Kernel Tracing with ftrace, Part 2

In my previous article, we had a working setup of ftrace, and explored options to enable and disable it. In this article, we will explore a few more capabilities of ftrace.

Let’s begin with tracer options. The output of the tracing can be controlled by a file called trace_options. Various fields can be enabled and disabled by updating options in the file /sys/kernel/debug/tracing/trace_options. A sample of trace_options can be viewed in Figure 1.

Trace options

Figure 1: Trace options

To disable a tracing option, a “no” keyword needs to be added to the start of the line. For example, echo notrace_printk > trace_options. (Remember not to have a space between no and the option.) To enable a trace again, you could use, for instance, echo trace_printk > trace_options.

ftrace for a specific process

ftrace allows you to perform tracing even for a specific process.
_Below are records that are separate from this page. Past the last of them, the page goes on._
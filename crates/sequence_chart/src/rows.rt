//! Rows: where the lines of a trace stand.
ghost use Rattle.std.specs.Prelude.{◌≡◌, ◌+◌, ◌<◌, ◌≤◌, ◌^◌, length};
ghost use Rattle.sequence_chart.specs.Rows.{after as after_said, first_cursor, next_event, next_label, next_message, y_of as y_of_row};
ghost use Rattle.sequence_chart.specs.Chart.{last_row as last_row_of};

use trace_reader::{Said, TraceLine};

/// How many lines a chart has at most.
pub const MAX_LINES: usize = 1000000;

/// How many units down the middle of a row is. A row is 14 units high.
pub fn y_of(row: u32) -> u64
    ensures { result ≡ y_of_row row }
{
    40 + row as u64 * 14
}

/// Where a line stands: its row, and how many messages were sent up to it.
#[derive(Clone, Copy)]
pub struct Cursor {
    pub row: u32,
    /// Whether no label stands in the row of the last line of the schedule.
    pub is_free: bool,
    pub sent: u32,
}

impl Cursor {
    /// Above the first line.
    pub fn first() -> Cursor
        ensures { result ≡ first_cursor }
    {
        Cursor {
            row: 0,
            is_free: true,
            sent: 0,
        }
    }

    fn next_event(self) -> Cursor
        requires { self.row + 1 < 2 ^ 32 }
        ensures { result ≡ next_event self }
    {
        Cursor {
            row: self.row + 1,
            is_free: true,
            sent: self.sent,
        }
    }

    fn next_label(self) -> Cursor
        requires { self.row + 1 < 2 ^ 32 }
        ensures { result ≡ next_label self }
    {
        if self.is_free {
            return Cursor {
                row: self.row,
                is_free: false,
                sent: self.sent,
            };
        }
        Cursor {
            row: self.row + 1,
            is_free: false,
            sent: self.sent,
        }
    }

    fn next_message(self) -> Cursor
        requires { self.sent + 1 < 2 ^ 32 }
        ensures { result ≡ next_message self }
    {
        Cursor {
            row: self.row,
            is_free: self.is_free,
            sent: self.sent + 1,
        }
    }

    /// Where the next line stands.
    pub fn after(self, said: &Said) -> Cursor
        requires row { self.row + 1 < 2 ^ 32 }
        requires sent { self.sent + 1 < 2 ^ 32 }
        ensures is { result ≡ after_said self said.now }
        ensures row { result.row ≤ self.row + 1 }
        ensures sent { result.sent ≤ self.sent + 1 }
    {
        match said {
            Said::Delivery(_, _) => self.next_event(),
            Said::Event(_) => self.next_event(),
            Said::Sent(_, _) => self.next_message(),
            _ => self.next_label(),
        }
    }
}

/// The row of the last line.
pub fn last_row(lines: &[TraceLine]) -> u32
    requires { length lines.now ≤ MAX_LINES }
    ensures is { result ≡ last_row_of first_cursor lines.now }
    ensures few { result ≤ length lines.now }
{
    let mut cursor = Cursor::first();
    for line in lines {
        cursor = cursor.after(&line.said);
    }
    cursor.row
}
In the /sys/kernel/debug/tracing directory, the file set_ftrace_pid needs to be updated with the PID of the process you want to be traced. The traceprocess.sh sample script below shows how to capture the PID on-the-go, and enable tracing.

#!/bin/bash

DPATH="/sys/kernel/debug/tracing"
PID=$$
## Quick basic checks
[ `id -u` -ne 0  ]  &&  { echo "needs to be root" ; exit 1; }  # check for root permissions
[ -z $1 ] && { echo "needs process name as argument" ; exit 1; } # check for args to this function
mount | grep -i debugfs &> /dev/null
[ $? -ne 0 ] && { echo "debugfs not mounted, mount it first"; exit 1; } #checks for debugfs mount

# flush existing trace data
echo nop > $DPATH/current_tracer

# set function tracer
echo function > $DPATH/current_tracer

# enable the current tracer
echo 1 > $DPATH/tracing_enabled

# write current process id to set_ftrace_pid file
echo $PID > $DPATH/set_ftrace_pid

# start the tracing
echo 1 > $DPATH/tracing_on
# execute the process
exec $*

You can refine it with your own innovations. Run it with the command whose process you want to trace as the argument, as shown in Figure 2, where we traced the ls command.
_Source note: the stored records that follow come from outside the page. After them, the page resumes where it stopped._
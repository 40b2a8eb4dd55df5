//! Replies in order, in room that was taken beforehand.
ghost use Rattle.std.specs.Prelude.{◌≡◌, ◌≤◌, length, IfOk, [], ◌∷◌};
ghost use Rattle.master_tasks.specs.Replying.{room_for, with_sent};

use crate::waiting::Outgoing;
use std::alloc::{AllocError, Global};
use std::marker::Model;

/// Replies in the order in which they are sent, with room for more, so that replying takes no memory.
#[derive(Drop)]
pub struct Replies {
    replies: Vec<Outgoing>,
    room: usize,
}

impl Model for Replies {
    ghost use Rattle.std.specs.Prelude.{◌+◌, ◌≤◌, vec_len, vec_capacity};
    ghost use Rattle.master_tasks.specs.Replying.{Replies as RepliesOf};

    ghost Value = { RepliesOf };

    ghost view = { λ r. record { sent = r.replies.items; room = r.room } };

    ghost invariant = { λ r. vec_len r.replies + r.room ≤ vec_capacity r.replies };
}

impl Replies {
    /// No replies, and no room.
    pub fn new(alloc: Global) -> Replies
        ensures { result ≡ room_for 0 }
    {
        Replies {
            replies: Vec::new(alloc),
            room: 0,
        }
    }

    /// No replies, and room for so many.
    pub fn with_room(alloc: Global, room: usize) -> Result<Replies, AllocError>
        ensures { IfOk result (λ r. r ≡ room_for room) }
    {
        Ok(Replies {
            replies: Vec::with_capacity(alloc, room)?,
            room,
        })
    }

    /// How many more replies there is room for.
    pub fn room(&self) -> usize
        ensures { result ≡ self.now.room }
    {
        self.room
    }

    /// The replies, in the order in which they were sent.
    pub fn as_slice(&self) -> &[Outgoing]
        ensures { result.now ≡ self.now.sent }
    {
        &self.replies
    }

    /// One more reply.
    pub fn push(&mut self, reply: Outgoing)
        requires { 1 ≤ self.old.room }
        ensures { self.new ≡ with_sent self.old (reply ∷ []) }
    {
        self.room -= 1;
        match self.replies.push(reply) {
            Ok(()) => {}
            Err(_) => unreachable!(),
        }
    }

    /// The replies of another, after these.
    pub fn append(&mut self, more: Replies)
        requires { length more.sent ≤ self.old.room }
        ensures { self.new ≡ with_sent self.old more.sent }
    {
        let Replies {
            mut replies,
            room: _,
        } = more;
        self.room -= replies.len();
        match self.replies.append(&mut replies) {
            Ok(()) => {}
            Err(_) => unreachable!(),
        }
    }
}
Executing traceprocess.sh and viewing trace output

Figure 2: Executing traceprocess.sh and viewing trace output

Once tracing is complete, you need to clear the set_ftrace_pid file, for which you can use the following command:

:> set_ftrace_pid

Function graph tracer

The function graph tracer tracks the entry and exit of a function, and is quite useful to track its execution time. Functions with a duration of over 10 microseconds are marked with a “+”, and those over 100 microseconds with “!”. To enable the function graph tracer, use echo function_graph > current_tracer. The sample output is as shown in Figure 3.

Trace output of function graph tracer

Figure 3: Trace output of function graph tracer

There are a lot of tracers; the entire list is in linux/Documentation/trace/ftrace.txt. The tracers are enabled or disabled by echoing the tracer name into the current_tracer file.

Dynamic tracing

We can easily get inundated with the amount of data the function tracer throws at us. There is a dynamic way to filter just the functions we need, and eliminate those that we don’t need: to specify them in the file set_ftrace_filter. (First find the function(s) you want, from the available_filter_functions file.) See Figure 4 for an example of dynamic tracing.

Listing filter functions, using with wild-cards

Figure 4: Listing filter functions, using with wild-cards

As you can see, you can even use wild-cards for the functions’ names. I used all the vmalloc_ functions, and set them with: echo vmalloc_* > set_ftrace_filter.

Event tracing

Tracing can also be triggered when particular events happen on the system. Available system events are found in the file available_events:

[root@DELL-RnD-India tracing]# cat available_events | head -10
kvmmmu:kvm_mmu_pagetable_walk
kvmmmu:kvm_mmu_paging_element
kvmmmu:kvm_mmu_set_accessed_bit
kvmmmu:kvm_mmu_set_dirty_bit
kvmmmu:kvm_mmu_walker_error
kvmmmu:kvm_mmu_get_page
kvmmmu:kvm_mmu_sync_page
kvmmmu:kvm_mmu_unsync_page
kvmmmu:kvm_mmu_prepare_zap_page
kvm:kvm_entry

For example, to enable an event, you would use: echo sys_enter_nice >> set_event (note that you append the event name to the file, using the >> append redirector, and not >). To disable an event, precede the event name with a “!”: echo '!sys_enter_nice' >> set_event. See Figure 5 for a sample event tracing scenario. The available events are listed in the events directory as well.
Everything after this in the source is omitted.